As news broke that a woman in America was caught selling $100,000 of stolen fake designer goods on Facebook, it was announced that the International Anti-Counterfeiting Coalition (IACC) and City of London Police, Intellectual Property Crime Unit (PIPCU) have joined forces to protect consumers from online fakes.

The RogueBlock programme is a global, voluntary collaboration with international payment providers that targets online counterfeiters by terminating merchant accounts that illicit websites use to receive payments.

Since it was first set up, RogueBlock has terminated more than 5,300 individual merchant accounts, dismantling their ability to profit from an estimated 200,000 nefarious websites.

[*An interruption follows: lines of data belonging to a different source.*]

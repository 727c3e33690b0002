//! A message of a selected mailbox, as FETCH and SEARCH look at it (RFC 3501, section 2.3).
//!
//! `specs/Messages` says how a record of a mailbox is looked at.
//! Stands on `store_trait` for what a store tells of a message without its text.
#![tactic(auto)]

mod message;

pub use message::Looked;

The collaboration with PIPCU expands the programme’s impact on counterfeiters by going after the websites themselves though PIPCU’s Operation Ashiko. As part of its partnership, PIPCU has agreed to consider each website submission from RogueBlock that fall within its jurisdiction, such as .uk domain names.

As a spokesman for PIPCU pointed out, Operation Ashiko aims to tackle the online trade in counterfeit goods by suspending websites committing intellectual property (IP) crime. So far, it has suspended more than 20,000 websites, which creates a safer environment for consumers to purchase genuine goods and disrupts the funding of criminals committing this crime.

The IACC agreed, with a spokesman saying that the collaboration sends a clear message to counterfeiters that their illegal actions will not be tolerated and represents the kind of multi-faceted approach that the “modern battlefield” of counterfeiting requires.

He added that the initiative advances PIPCU’s IP enforcement objectives by providing a streamlined source of counterfeit websites that are identified by rights holders and that includes all the information required to take action against them.